PEMALANG, iNewsPemalang.id — Satuan Reserse Narkoba Polres Pemalang berhasil menggagalkan peredaran ribuan butir obat keras dan mengamankan seorang tersangka berinisial AAS (26) dalam penggerebekan di sebuah rumah kontrakan di Desa Mendelem, Kecamatan Belik, Selasa (14/4/2026) sore.
Kapolres Pemalang AKBP Rendy Setia Permana melalui Kasat Narkoba AKP Wahyudi Wibowo menyampaikan, dari tangan tersangka petugas menyita sebanyak 1.467 butir obat keras. Barang bukti tersebut terdiri atas berbagai jenis, antara lain Tramadol, Trihexyphenidyl, Hexymer, dan Yarindo.
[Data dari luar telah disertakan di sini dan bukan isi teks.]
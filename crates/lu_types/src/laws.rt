//! The numbers that the format fixes, as the definitions have them and as the code does: each stands on a function that does nothing.
ghost use Rattle.std.specs.Prelude.{◌≡◌};
ghost use Rattle.lu_types.specs.RuleNumbers as number;
ghost use Rattle.lu_types.specs.Bits as bit;
ghost use Rattle.lu_types.specs.Kinds.{front_kinds, vector_kinds, part_kinds};
ghost use Rattle.lu_types.specs.Names.{greatest_segment};

use crate::bits::INDEXED;
use crate::bits::OMIT_NORMS;
use crate::bits::OMIT_TF;
use crate::bits::PAYLOADS;
use crate::bits::VECTOR_OFFSETS;
use crate::bits::VECTOR_POSITIONS;
use crate::bits::VECTORS;
use crate::kinds::FRONT_KINDS;
use crate::kinds::PART_KINDS;
use crate::kinds::VECTOR_KINDS;
use crate::names::GREATEST_SEGMENT;
use crate::rules::CFS_FIRST;
use crate::rules::CFS_OFFSET;
use crate::rules::CFS_TWICE;
use crate::rules::CHECKSUM;
use crate::rules::COMPOUND_FLAG;
use crate::rules::DEL_BYTE;
use crate::rules::DEL_COUNT;
use crate::rules::DEL_GAP;
use crate::rules::DEL_GEN;
use crate::rules::DEL_PAST;
use crate::rules::DEL_SIZE;
use crate::rules::DEL_TOTAL;
use crate::rules::DELETION_COUNT;
use crate::rules::DOC_FREQ;
use crate::rules::DOC_ORDER;
use crate::rules::DOC_RANGE;
use crate::rules::ENDS;
use crate::rules::FDT_FORMAT;
use crate::rules::FDT_PLACE;
use crate::rules::FDX_FORMAT;
use crate::rules::FDX_PLACE;
use crate::rules::FIELD_BITS;
use crate::rules::FIELD_TWICE;
use crate::rules::FNM_FORMAT;
use crate::rules::FORMAT;
use crate::rules::FREQ;
use crate::rules::FREQ_START;
use crate::rules::INDEX_INTERVAL;
use crate::rules::LONG_NUMBER;
use crate::rules::MAP_COUNT;
use crate::rules::MISSING;
use crate::rules::NAME_COUNTER;
use crate::rules::NORM_COUNT;
use crate::rules::NORM_HEADER;
use crate::rules::NOT_UTF8;
use crate::rules::NUM_FIELD;
use crate::rules::OLD_NORMS;
use crate::rules::POSITION;
use crate::rules::PROX_FIELD;
use crate::rules::PROX_FLAG;
use crate::rules::PROX_START;
use crate::rules::SEG_COUNT;
use crate::rules::SEG_NAME;
use crate::rules::SEG_SIZE;
use crate::rules::SEG_TWICE;
use crate::rules::SEPARATE_NORMS;
use crate::rules::SHARED_STORE;
use crate::rules::SIZE_SUM;
use crate::rules::SKIP_CHILD;
use crate::rules::SKIP_DOC;
use crate::rules::SKIP_FREQ;
use crate::rules::SKIP_INTERVAL;
use crate::rules::SKIP_LENGTH;
use crate::rules::SKIP_LEVELS;
use crate::rules::SKIP_OMIT;
use crate::rules::SKIP_PAYLOAD;
use crate::rules::SKIP_PROX;
use crate::rules::SKIP_START;
use crate::rules::STORE_FLAG;
use crate::rules::STORE_NAME;
use crate::rules::STORE_RANGE;
use crate::rules::STORED_BITS;
use crate::rules::STORED_FIELD;
use crate::rules::TERM_COUNT;
use crate::rules::TERM_FIELD;
use crate::rules::TERM_ORDER;
use crate::rules::TERM_PLACE;
use crate::rules::TERM_PREFIX;
use crate::rules::TERM_UTF8;
use crate::rules::TII_COUNT;
use crate::rules::TII_FORMAT;
use crate::rules::TII_INTERVALS;
use crate::rules::TII_PLACE;
use crate::rules::TII_PREFIX;
use crate::rules::TII_TERM;
use crate::rules::TIS_FORMAT;
use crate::rules::TOO_GREAT;
use crate::rules::TRAILING;
use crate::rules::TVD_FORMAT;
use crate::rules::TVD_PLACE;
use crate::rules::TVF_FORMAT;
use crate::rules::TVF_PLACE;
use crate::rules::TVF_SUM;
use crate::rules::TVX_FORMAT;
use crate::rules::TVX_PLACE;
use crate::rules::VECTOR_BITS;
use crate::rules::VECTOR_FIELD;
use crate::rules::VECTOR_FREQ;
use crate::rules::VECTOR_OFFSET;
use crate::rules::VECTOR_ORDER;
use crate::rules::VECTOR_POSITION;
use crate::rules::VECTOR_PREFIX;
use crate::rules::VECTOR_TWICE;
use crate::rules::VECTOR_UTF8;
use crate::rules::VERSION;

/// The rules have the numbers that the definitions have.
pub fn rules_are_numbered()
    ensures general { (ENDS ≡ number.ends) × (LONG_NUMBER ≡ number.long_number) × (TOO_GREAT ≡ number.too_great) × (NOT_UTF8 ≡ number.not_utf8) × (MISSING ≡ number.missing) × (TRAILING ≡ number.trailing) }
    ensures commit { (FORMAT ≡ number.format) × (VERSION ≡ number.version) × (NAME_COUNTER ≡ number.name_counter) × (SEG_COUNT ≡ number.seg_count) × (SEG_NAME ≡ number.seg_name) × (SEG_TWICE ≡ number.seg_twice) × (SEG_SIZE ≡ number.seg_size) × (SIZE_SUM ≡ number.size_sum) × (DEL_GEN ≡ number.del_gen) × (SHARED_STORE ≡ number.shared_store) × (OLD_NORMS ≡ number.old_norms) × (NUM_FIELD ≡ number.num_field) × (SEPARATE_NORMS ≡ number.separate_norms) × (COMPOUND_FLAG ≡ number.compound_flag) × (DELETION_COUNT ≡ number.deletion_count) × (PROX_FLAG ≡ number.prox_flag) × (MAP_COUNT ≡ number.map_count) × (CHECKSUM ≡ number.checksum) × (STORE_NAME ≡ number.store_name) × (STORE_FLAG ≡ number.store_flag) }
    ensures compound { (CFS_OFFSET ≡ number.cfs_offset) × (CFS_TWICE ≡ number.cfs_twice) × (CFS_FIRST ≡ number.cfs_first) }
    ensures field_table { (FNM_FORMAT ≡ number.fnm_format) × (FIELD_TWICE ≡ number.field_twice) × (FIELD_BITS ≡ number.field_bits) × (PROX_FIELD ≡ number.prox_field) × (NORM_COUNT ≡ number.norm_count) }
    ensures stored { (FDX_FORMAT ≡ number.fdx_format) × (FDX_PLACE ≡ number.fdx_place) × (STORE_RANGE ≡ number.store_range) × (FDT_FORMAT ≡ number.fdt_format) × (FDT_PLACE ≡ number.fdt_place) × (STORED_FIELD ≡ number.stored_field) × (STORED_BITS ≡ number.stored_bits) }
    ensures term { (TIS_FORMAT ≡ number.tis_format) × (TERM_COUNT ≡ number.term_count) × (INDEX_INTERVAL ≡ number.index_interval) × (SKIP_INTERVAL ≡ number.skip_interval) × (SKIP_LEVELS ≡ number.skip_levels) × (TERM_PREFIX ≡ number.term_prefix) × (TERM_UTF8 ≡ number.term_utf8) × (TERM_FIELD ≡ number.term_field) × (TERM_ORDER ≡ number.term_order) × (DOC_FREQ ≡ number.doc_freq) × (TERM_PLACE ≡ number.term_place) × (TII_FORMAT ≡ number.tii_format) × (TII_COUNT ≡ number.tii_count) × (TII_INTERVALS ≡ number.tii_intervals) × (TII_PREFIX ≡ number.tii_prefix) × (TII_TERM ≡ number.tii_term) × (TII_PLACE ≡ number.tii_place) }
    ensures entry { (FREQ_START ≡ number.freq_start) × (DOC_ORDER ≡ number.doc_order) × (DOC_RANGE ≡ number.doc_range) × (FREQ ≡ number.freq) × (SKIP_START ≡ number.skip_start) × (SKIP_DOC ≡ number.skip_doc) × (SKIP_FREQ ≡ number.skip_freq) × (SKIP_OMIT ≡ number.skip_omit) × (SKIP_CHILD ≡ number.skip_child) × (SKIP_LENGTH ≡ number.skip_length) × (PROX_START ≡ number.prox_start) × (POSITION ≡ number.position) × (SKIP_PROX ≡ number.skip_prox) × (SKIP_PAYLOAD ≡ number.skip_payload) }
    ensures mark { (NORM_HEADER ≡ number.norm_header) × (DEL_SIZE ≡ number.del_size) × (DEL_COUNT ≡ number.del_count) × (DEL_GAP ≡ number.del_gap) × (DEL_BYTE ≡ number.del_byte) × (DEL_PAST ≡ number.del_past) × (DEL_TOTAL ≡ number.del_total) }
    ensures vector { (TVX_FORMAT ≡ number.tvx_format) × (TVX_PLACE ≡ number.tvx_place) × (TVD_FORMAT ≡ number.tvd_format) × (TVD_PLACE ≡ number.tvd_place) × (VECTOR_FIELD ≡ number.vector_field) × (VECTOR_TWICE ≡ number.vector_twice) × (TVF_SUM ≡ number.tvf_sum) × (TVF_FORMAT ≡ number.tvf_format) × (TVF_PLACE ≡ number.tvf_place) × (VECTOR_BITS ≡ number.vector_bits) × (VECTOR_PREFIX ≡ number.vector_prefix) × (VECTOR_UTF8 ≡ number.vector_utf8) × (VECTOR_ORDER ≡ number.vector_order) × (VECTOR_FREQ ≡ number.vector_freq) × (VECTOR_POSITION ≡ number.vector_position) × (VECTOR_OFFSET ≡ number.vector_offset) }
{}

/// The bits of a field are those that the definitions have.
pub fn bits_are_numbered()
    ensures { (INDEXED ≡ bit.indexed) × (VECTORS ≡ bit.vectors) × (VECTOR_POSITIONS ≡ bit.vector_positions) × (VECTOR_OFFSETS ≡ bit.vector_offsets) × (OMIT_NORMS ≡ bit.omit_norms) × (PAYLOADS ≡ bit.payloads) × (OMIT_TF ≡ bit.omit_tf) }
{}

/// The greatest number of a segment is the one that the definitions have.
pub fn names_are_bounded()
    ensures { GREATEST_SEGMENT ≡ greatest_segment }
{}

/// The kinds of files that are parts are those that the definitions list.
pub fn kinds_are_listed()
    ensures { (FRONT_KINDS ≡ front_kinds) × (VECTOR_KINDS ≡ vector_kinds) × (PART_KINDS ≡ part_kinds) }
{}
Menurut Wahyudi, tersangka merupakan warga setempat yang bekerja serabutan. Dalam pemeriksaan, AAS mengaku nekat mengedarkan obat-obatan tersebut karena tergiur keuntungan untuk memenuhi kebutuhan sehari-hari.
Atas perbuatannya, tersangka dijerat dengan Pasal 435 juncto Pasal 138 ayat (2) dan (3) Undang-Undang RI Nomor 17 Tahun 2023 tentang Kesehatan, serta Pasal 436 ayat (2) juncto Pasal 145 ayat (1) undang-undang yang sama. Ancaman hukuman maksimal mencapai 12 tahun penjara.
Lebih lanjut, Wahyudi menegaskan bahwa sejak awal 2026, pihaknya terus mengintensifkan pemberantasan peredaran obat keras di wilayah Pemalang. Hingga pertengahan April, polisi telah mengungkap enam kasus dengan enam tersangka.